“老道明白!”巴髯客見他沒有拒絕,稍作寬心:“大劫一起,老道也不會傻傻駐留在這兒。”
“你先跟我去一趟棲俠府,我有兩位尸族朋友被關押在府中,等找到他們,到時再商議在哪里煉制金戈浮屠。”目前的局勢下,袁河貌似只有出海這一條路了。
這是他的打算,但他身在大劫中,卻不是他想避,就能避過的。
他與巴髯客約定完成,結伴暫離了地洪泉。
到了地面,小白貂繼續引路,朝棲俠府的方向趕去。
袁河并不知道,天羅地網早就布置妥當,正等著甕中捉他,若非他在地洪泉耽擱了半個月,性命一定保不住。
距離棲俠府越近,小白貂越是歡騰:“師祖,老師已經去了楓柏海大半年,現在應該已經回來,等到了府上,指不定就能見著!師祖快看,穿越這片橫松林,就能望見棲俠府的北部大門了!”
前方松木茂盛,綿延幾十里,小白貂思家心切,正欲加快遁速,卻被袁河一把摁住:“不慌進去!”
袁河忽然捏出一顆星斗,這是當初離開幽山鬼府時,為了防止釋心顏出意外,雙方失去聯絡,他特別煉制了一批追蹤星器。
此刻星斗有了警示,說明釋心顏或者何又威、龐敏就在松林內。
他能感應三人,對方也感應到他。
也就片刻功夫,只見林梢開始搖晃,并夾雜陣陣展翅之音。
‘呼!’
一頭長有黃翼的僵尸從林中飛掠而出,停在袁河上空,她看不穿袁河的入微軀,卻也不喊話,只是一臉焦急的盤旋。
袁河劈空一掌打她尸軀,入微以后,她瞧見了地面情景,卻不落地,雙翅一抖,結出一團妖氣,又抬手指向北方:“此地不宜久留!袁師,且乘坐屬下燕翅,咱們須立刻北上!”

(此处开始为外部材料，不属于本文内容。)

//! What each request does to the value of the next state.
ghost use Rattle.std.specs.Prelude.{◌≡◌, IfOk, OnOk};
ghost use Rattle.master_tasks.specs.Processing.{answer_after, clearing, excluding, processing, processing_once, putting, refused as refused_of, value_after};
ghost use Rattle.cluster_state.specs.declared.request.Ask.TheVariants as ask;
ghost use Rattle.cluster_state.specs.declared.state.ClusterValue.{ClusterValue as ClusterValueOf};
ghost use Rattle.exclusions.specs.Exclusions.{added_of, cleared_of};

use crate::waiting::Waiting;
use cluster_state::{Answer, Ask, ClusterValue, MAX_SETTINGS, SharedState, Text};
use exclusions::AddError;
use std::alloc::{AllocError, Global};
use voting_config::IdList;

/// Processes a request on a value, beside the accepted state and by the profile: the answer, if it gets one at once. Where there is no
/// memory, the value may be anything.
pub fn process(
    alloc: Global,
    second: bool,
    accepted: &SharedState,
    value: &mut ClusterValue,
    ask: &Ask,
) -> Result<Option<Answer>, AllocError>
    ensures value { OnOk result (value.new ≡ value_after value.old (processing second accepted.now value.old ask.now)) }
    ensures answer { IfOk result (λ a. a ≡ answer_after (processing second accepted.now value.old ask.now)) }
{
    match ask {
        Ask::Put { key, value: text } => put(value, key, text),
        Ask::Remove { key } => {
            value.settings.remove(key.as_str());
            Ok(None)
        }
        Ask::Exclude(ids) => exclude(alloc, value, ids),
        Ask::Clear { wait_for_removal } => Ok(clear(alloc, value, *wait_for_removal)),
        Ask::State => show(second, accepted),
    }
}

/// Processes a request, unless it was processed before.
pub fn process_once(
    alloc: Global,
    second: bool,
    accepted: &SharedState,
    value: &mut ClusterValue,
    w: &Waiting,
) -> Result<Option<Answer>, AllocError>
    ensures value { OnOk result (value.new ≡ value_after value.old (processing_once second accepted.now value.old w.now)) }
    ensures answer { IfOk result (λ a. a ≡ answer_after (processing_once second accepted.now value.old w.now)) }
{
    if w.processed {
        return Ok(None);
    }
    let answer = process(alloc, second, accepted, value, &w.request.ask)?;
    Ok(answer)
}

// The accepted state is shown by the first profile; by the second it waits for a state of its own.
fn show(second: bool, accepted: &SharedState) -> Result<Option<Answer>, AllocError>
    ensures answer { (value : ClusterValueOf) → IfOk result (λ a. a ≡ answer_after (processing second accepted.now value ask.State)) }
{
    if second {
        return Ok(None);
    }
    Ok(Some(Answer::State(accepted.share()?)))
}

// A setting is put, unless its key is new and there are as many settings as there may be.
fn put(value: &mut ClusterValue, key: &Text, text: &Text) -> Result<Option<Answer>, AllocError>
    ensures value { OnOk result (value.new ≡ value_after value.old (putting value.old (key.now, text.now))) }
    ensures answer { IfOk result (λ a. a ≡ answer_after (putting value.old (key.now, text.now))) }
{
    if !value.settings.contains_key(key.as_str()) && value.settings.len() >= MAX_SETTINGS as usize {
        return Ok(Some(Answer::TooManySettings(MAX_SETTINGS as u64 + 1)));
    }
    value.settings.put(key.as_str(), text.as_str())?;
    Ok(None)
}

// Nodes are excluded.
fn exclude(
    alloc: Global,
    value: &mut ClusterValue,
    ids: &IdList,
) -> Result<Option<Answer>, AllocError>
    ensures value { OnOk result (value.new ≡ value_after value.old (excluding value.old (added_of value.old.exclusions ids.now))) }
    ensures answer { IfOk result (λ a. a ≡ answer_after (excluding value.old (added_of value.old.exclusions ids.now))) }
{
    match exclusions::add(&value.exclusions, &value.members, ids) {
        Ok(together) => {
            value.exclusions = IdList::of(alloc, &together)?;
            Ok(None)
        }
        Err(error) => Ok(Some(refused(&error))),
    }
}

fn refused(error: &AddError) -> Answer
    ensures { result ≡ refused_of error.now }
{
    match error {
        AddError::TooMany(count) => Answer::TooManyExclusions(*count as u64),
    }
}

// The exclusions are cleared.
fn clear(alloc: Global, value: &mut ClusterValue, wait_for_removal: bool) -> Option<Answer>
    ensures value { value.new
        ≡ value_after value.old (clearing value.old (cleared_of value.old.exclusions value.old.members wait_for_removal)) }
    ensures answer { result ≡ answer_after (clearing value.old (cleared_of value.old.exclusions value.old.members wait_for_removal)) }
{
    match exclusions::clear(&value.exclusions, &value.members, wait_for_removal) {
        Ok(()) => {
            value.exclusions = IdList::new(alloc);
            None
        }
        Err(still) => Some(Answer::StillMember(still.0)),
    }
}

小白貂聽了此話,顯得極為不解,都已經到了家門口,竟然不讓師祖回家,你這尸妖是誰呀!
更讓她吃驚的是,師祖竟然對尸妖言聽計從,先抓她在手,又示意巴髯客:“事態有變,棲俠府不能再去,咱們上翅罷!”
“一切聽袁道友安排!”巴髯客追隨袁河,只為煉制金戈浮屠,其余諸事他都會遵照袁河吩咐,當下凌空飛起,與袁河一左一右盤浮在龐柔的翅上。
自從龐敏煉化了夏翎燕的靈翅,數年間苦苦研修《四季金章》,現已掌握一種飛禽妖術‘沖凌遁’,即使攜帶袁河與巴髯客,一遁之下也能遠行十余里。
她一口氣飛出千里之遙,直至穿越了青騰山,進入山北的荒原,她仍舊沒有停止,繼續朝北飛行。
只是遁速放緩,開始與袁河攀談:“屬下擅作主張帶袁師來此,還請袁師見諒!”
袁河說:“事出有因,我不會怪你,到底出了何事,婆婆又在哪里?”
龐敏凝重說道:“自從袁師遠行青河境,屬下與師尊隱居幽山鬼府,足不出戶打坐修行,誰知半個月前,廣陵尸胡悲雪去而復還,攜了一道冥族秘詔,師尊受了此詔趕來青騰山的白城道場,那白城老祖也不知對師尊講了什么,讓師尊心急如焚,她單獨留在道場與白城老祖周旋,派遣屬下與何師兄潛伏在棲俠府外,并叮囑我們,如果遇見袁師,須叫你即刻北上,遁入深海!”
她換上慶幸口吻:“那棲俠府共有四道門戶,日常多有妖族巡邏,而且領地廣博,屬下與何師兄生怕碰不上袁師,商議后決定一個守在南門,一個守著北門,屬下運氣好,碰巧遇上袁師,總歸沒有辜負師尊重托!”
她的說辭云山霧罩,袁河根本聽不明白:“我從幽山鬼府趕到青騰山,用了小半年,你們怎么可能在短短半個月內就到了此處?”
“白城老祖的詔令藏了一式地遁神通,往返不過是數日而已!師尊說那位白城老祖法力無邊,妖王也擋不住他隨手一擊,若非如此,師尊也不會讓你離開東涯洲!”
“婆婆為什么讓我遁入深海?那白城老祖要殺我嗎?”
“師尊本想煉一張傳音符,把此事原原本本告知袁師,又擔心屬下與何師兄被外族擒拿,走露消息,故而師尊僅僅口傳了幾句話。”龐敏也是一知半解,她轉述說:
“師尊讓屬下告訴你:‘白城老祖是冥族領袖,他目的是尋找太子,他對你沒有殺心,真正要殺你的修士與小青待在一起,他們很快要回歸青騰山,你絕對不能與他們碰面!’”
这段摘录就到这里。